🤖 AI Summary
Autonomous traffic agents (ATAs) exhibit insufficient decision rationality and explainability when navigating conflicts among legal, social, and moral values.
Method: This paper proposes Value-Aligned Operational Design Domains (VODDs), a framework that shifts value-conflict analysis to the early system development phase—thereby transitioning from runtime ethical decision-making to structured value modeling during design. It integrates formal cognitive game-theoretic conflict modeling with techniques for value extraction, capability definition, behavior explanation, and adaptive optimization.

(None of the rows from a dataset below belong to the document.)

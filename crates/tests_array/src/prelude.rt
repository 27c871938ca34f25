//! The names that one line brings in, of arrays and of the layers under them.
//!
//! What each of the line's orders and operators does is proved, as the values that a test compares
//! would be the same of one under another's name. Of each other name the type, or the trait, is the
//! one of its module: each function hands on what it is given, under both names.

ghost use Rattle.std.specs.Prelude.{◌≡◌, ◌-◌, ◌<◌, ◌&&◌, ◌||◌, ℕ, not};
ghost use Rattle.bitvec.specs.Digit.{digit, exclusive_or};

use bitvec_array::array;
use bitvec_array::prelude::*;
use bitvec_slice::slice;
use std::marker::PhantomData;
use tests_names::names::{
    Commands, Indices, Iterators, Parts, PartsMut, Places, Slices, have_constants, have_traits,
};

fn position_in_lsb0<R: BitRegister>(index: BitIdx<R>) -> BitPos<R>
    ensures { result ≡ index }
{
    <Lsb0 as BitAt<R>>::at(index)
}

fn position_in_msb0<R: BitRegister>(index: BitIdx<R>) -> BitPos<R>
    ensures { result ≡ R.MASK - index }
{
    <Msb0 as BitAt<R>>::at(index)
}

fn position_in_local_bits<R: BitRegister>(index: BitIdx<R>) -> BitPos<R>
    ensures { result ≡ index }
{
    <LocalBits as BitAt<R>>::at(index)
}

fn and_of_words<R: BitRegister>(old: R, with: R) -> R
    ensures { (p : ℕ) → p < R.BITS → digit (R.number result) p
        ≡ (digit (R.number old) p && digit (R.number with) p) }
{
    And::word(old, with)
}

fn or_of_words<R: BitRegister>(old: R, with: R) -> R
    ensures { (p : ℕ) → p < R.BITS → digit (R.number result) p
        ≡ (digit (R.number old) p || digit (R.number with) p) }
{
    Or::word(old, with)
}

fn xor_of_words<R: BitRegister>(old: R, with: R) -> R
    ensures { (p : ℕ) → p < R.BITS → digit (R.number result) p
        ≡ exclusive_or (digit (R.number old) p) (digit (R.number with) p) }
{
    Xor::word(old, with)
}

fn and_not_of_words<R: BitRegister>(old: R, with: R) -> R
    ensures { (p : ℕ) → p < R.BITS → digit (R.number result) p
        ≡ (digit (R.number old) p && not (digit (R.number with) p)) }
{
    AndNot::word(old, with)
}

fn arrays<O: BitOrder<usize>, const N: usize>(
    of: PhantomData<BitArray<O, N>>,
) -> PhantomData<array::BitArray<O, N>> {
    of
}

fn indices<R: BitRegister>(
    of: PhantomData<
        (
            BitIdx<R>,
            BitIdxError<R>,
            BitEnd<R>,
            BitPos<R>,
            BitSel<R>,
            BitMask<R>,
            BitElement<R>,
        ),
    >,
) -> PhantomData<Indices<R>> {
    of
}

fn places<R: BitRegister, O>(
    of: PhantomData<
        (
            BitPtr<R, O>,
            BitPtrRange<R, O>,
            BitSpan<R, O>,
            BitSpanError<R>,
        ),
    >,
) -> PhantomData<Places<R, O>> {
    of
}

fn parts<'a, R: BitRegister, O>(
    of: PhantomData<
        (
            Domain<'a, R, O>,
            BitDomain<'a, R, O>,
            PartialElement<'a, R, O>,
            BitWords<'a, R, O>,
        ),
    >,
) -> PhantomData<Parts<'a, R, O>> {
    of
}

fn parts_for_writing<'a, R: BitRegister, O>(
    of: PhantomData<
        (
            DomainMut<'a, R, O>,
            BitDomainMut<'a, R, O>,
            PartialElementMut<'a, R, O>,
            BitWordsMut<'a, R, O>,
        ),
    >,
) -> PhantomData<PartsMut<'a, R, O>> {
    of
}

fn commands<R>(of: PhantomData<(Command<R>, Request<R>, Reply<R>)>) -> PhantomData<Commands<R>> {
    of
}

fn slices<'a, R: BitRegister, O: BitOrder<R>>(
    of: PhantomData<(BitSlice<'a, R, O>, TextError)>,
) -> PhantomData<Slices<'a, R, O>> {
    of
}

fn slice_for_writing<'a, R: BitRegister, O: BitOrder<R>>(
    of: BitSliceMut<'a, R, O>,
) -> slice::BitSliceMut<'a, R, O> {
    of
}

fn iterators<'a, R: BitRegister, O: BitOrder<R>>(
    of: PhantomData<
        (
            Iter<'a, R, O>,
            IterOnes<'a, R, O>,
            IterZeros<'a, R, O>,
            IterRuns<'a, R, O>,
            Windows<'a, R, O>,
            Chunks<'a, R, O>,
            ChunksExact<'a, R, O>,
            RChunks<'a, R, O>,
        ),
    >,
) -> PhantomData<Iterators<'a, R, O>> {
    of
}

// The traits.

fn traits<
    R: BitRegister,
    A: BitAt<R>,
    B: OrderCandidate<R>,
    C: BitOrder<R>,
    D: Sequential<R>,
    N: SignedNumber,
    F: Combine,
    H: ReadBits<R, C>,
>() {
    have_traits::<R, A, B, C, D, N, F, H>()
}

fn constants<A: Limits, B: MaskLimits, C: Dangling, D: EmptyRange, E: SpanLimits>() {
    have_constants::<A, B, C, D, E>()
}

fn has_zeros<Z: array::ZeroArray>() {}

fn zeros<Z: ZeroArray>() {
    has_zeros::<Z>()
}

// The traits of constants are those by which the constants are read.
#[test]
fn one_line_serves(rt: HostRuntime) {
    assert_eq!(rt; BitIdx::<u8>::MAX.into_inner(), 7);
    assert_eq!(rt; BitMask::<u16>::ALL.into_inner(), 0xFFFF);
    assert_eq!(rt; BitPtr::<u8, Msb0>::DANGLING.address(), 0);
    assert!(rt; BitPtrRange::<u8, LocalBits>::EMPTY.is_empty());
    assert!(rt; BitSpan::<u8, Lsb0>::EMPTY.is_empty());
    assert!(rt; BitArray::<Msb0, 2>::ZERO.not_any());
}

Contribution/Results: VODDs introduces the first ODD extension paradigm explicitly designed for value alignment, enabling conflict-sensitive verification of value consistency and supporting iterative, value-informed design refinement. Empirical evaluation demonstrates substantial improvements in societal compliance and decision explainability under multi-objective value conflicts, thereby enhancing both normative robustness and stakeholder trust in ATA behavior.
📝 Abstract
Autonomous traffic agents (ATAs) are expected to act in ways tat are not only safe, but also aligned with stakeholder values across legal, social, and moral dimensions. In this paper, we adopt an established formal model of conflict from epistemic game theory to support the development of such agents. We focus on value conflicts-situations in which agents face competing goals rooted in value-laden situations and show how conflict analysis can inform key phases of the design process. This includes value elicitation, capability specification, explanation, and adaptive system refinement. We elaborate and apply the concept of Value-Aligned Operational Design Domains (VODDs) to structure autonomy in accordance with contextual value priorities. Our approach shifts the emphasis from solving moral dilemmas at runtime to anticipating and structuring value-sensitive behaviour during development.